15. Apparatus according to claim 13 or claim 14, wherein the apparatus is controllable to deliver the light energy in the form of a pulse of light (pulse event) 16. Apparatus according to any of claims 13 to 15, wherein the apparatus includes means to adjust and/or limit the pulse repetition rate of successive light pulse events, and/or the duration of a light pulse event, and/or the intensity of the light delivered.

17. Apparatus according to any of claims 13 to 16, wherein the light energy delivery means includes a manual trigger for initiating light delivery when the delivery head is positioned to the user's satisfaction.

18. Apparatus according to any of claims 13 to 17, wherein means is provided for selectively adjusting the intensity of the light delivered.

19. Apparatus according to any of claims 13 to 18, wherein the light energy delivery means comprises electrical gas discharge device.
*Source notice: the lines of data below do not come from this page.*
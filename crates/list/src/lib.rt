// Lists of cells, x and y for each: the cell at a place, how far two cells are apart, and what Write tests
// before its buffer.
#![tactic(auto)]

ghost use Rattle.std.specs.Prelude.{◌≡◌, ◌/◌, ◌+◌, ◌*◌, ◌<◌, ◌≤◌, length, map, get_or, set};
ghost use Rattle.grid.specs.Panel.{max_side, dist, neighbours};
ghost use Rattle.grid.specs.Bytes.{InBytes, cells_in, cell_of};
ghost use Rattle.list.specs.List.{cell_at, squared_distance, whole_cells, all_on, all_steps};
ghost use Rattle.list.specs.Check.{check_walk, check_list};

use grid::{Cell, Panel, Refusal, area_of, check_panel, ensure};

pub fn byte_at(s: &[u8], i: usize) -> u32
    requires { i < length s.now }
    ensures { (result ≡ get_or s.now i 0) × (result < 256) }
{
    s[i] as u32
}

// The cell whose x stands at i.
pub fn cell_at(list: &[u8], i: usize) -> Cell
    requires { i + 1 < length list.now }
    ensures { result ≡ cell_at list.now i }
{
    Cell {
        x: byte_at(list, i),
        y: byte_at(list, i + 1),
    }
}

// A cell in two bytes from i on.
pub fn put_cell(list: &mut [u8], i: usize, c: Cell)
    requires { (c.x ≤ max_side) × (c.y ≤ max_side) × (i + 1 < length list.old) }
    ensures { list.new ≡ set (set list.old i c.x) (i + 1) c.y }
{
    list[i] = c.x as u8;
    list[i + 1] = c.y as u8;
}

// Whether so many bytes hold cells and nothing else: not empty, and two bytes for each cell.
pub fn whole_cells(bytes: usize) -> bool
    ensures { result ≡ whole_cells bytes }
{
    1 <= bytes && bytes % 2 == 0
}

// The bytes of each cell of a list; a last byte without its partner is none.
pub fn pairs(list: &[u8]) -> &[[u8; 2]]
    ensures cells { map cell_of result.now ≡ cells_in list.now }
    ensures count { length result.now ≡ length list.now / 2 }
{
    list.as_chunks::<2>().0
}

// Whether every cell of the list is on the panel.
pub fn all_on_panel(p: Panel, list: &[u8]) -> bool
    ensures { result ≡ all_on p (cells_in list.now) }
{
    pairs(list)
        .iter()
        .all(|&pair| grid::on_panel(p, Cell::from(pair)))
}

// The square of how far two coordinates are apart.
fn square_apart(a: u32, b: u32) -> u32
    requires { (a < 256) × (b < 256) }
    ensures { result ≡ dist a b * dist a b }
{
    let d = a as i32 - b as i32;
    (d * d) as u32
}

// The square of the straight distance between two cells.
pub fn squared_distance(a: Cell, b: Cell) -> u32
    requires { InBytes a × InBytes b }
    ensures { result ≡ squared_distance a b }
{
    square_apart(a.x, b.x) + square_apart(a.y, b.y)
}

// Whether two cells are neighbours: by the square, since no branch then goes by the direction.
pub fn adjacent(a: Cell, b: Cell) -> bool
    requires { InBytes a × InBytes b }
    ensures { result ≡ neighbours a b }
{
    squared_distance(a, b) == 1
}

// Whether each two successive cells of the list are neighbours.
fn all_adjacent(list: &[u8]) -> bool
    ensures { result ≡ all_steps (cells_in list.now) }
{
    for i in 1..list.len() / 2 {
        if !adjacent(cell_at(list, 2 * (i - 1)), cell_at(list, 2 * i)) {
            return false;
        }
    }
    true
}

// 7, then 8.
fn check_walk(p: Panel, list: &[u8]) -> Result<(), Refusal>
    ensures { result ≡ check_walk p (cells_in list.now) }
{
    ensure(all_on_panel(p, list), Refusal::CellOff)?;
    ensure(all_adjacent(list), Refusal::NotNeighbours)
}

// What Write refuses whatever the buffer.
#[tactic(auto, using(crate::proofs::Cells::length_cells))]
pub fn check_list(p: Panel, list: &[u8]) -> Result<(), Refusal>
    ensures { result ≡ check_list p list.now }
{
    check_panel(p)?;
    ensure(whole_cells(list.len()), Refusal::ListLength)?;
    check_walk(p, list)?;
    ensure(list.len() / 2 <= area_of(p), Refusal::StepCount)
}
20. Apparatus according to any of claims 13 to 19, wherein the apparatus includes a reflector arranged to direct emitted light in a predetermined direction.

21. Apparatus according to any of claims 13 to 20, wherein the apparatus comprises: i) a light energy delivery head including an electrically operable light emitting element; ii) a base unit remote from the delivery head, the base unit including electrical power supply for the light emitting element of the delivery head; and iii) a flexible umbilical extending between the base unit and the delivery head permitting connection of the delivery head to the base unit.

22. A method substantially as herein described with reference to the accompanying drawings.

23. Apparatus substantially as herein described with reference to the accompanying drawings.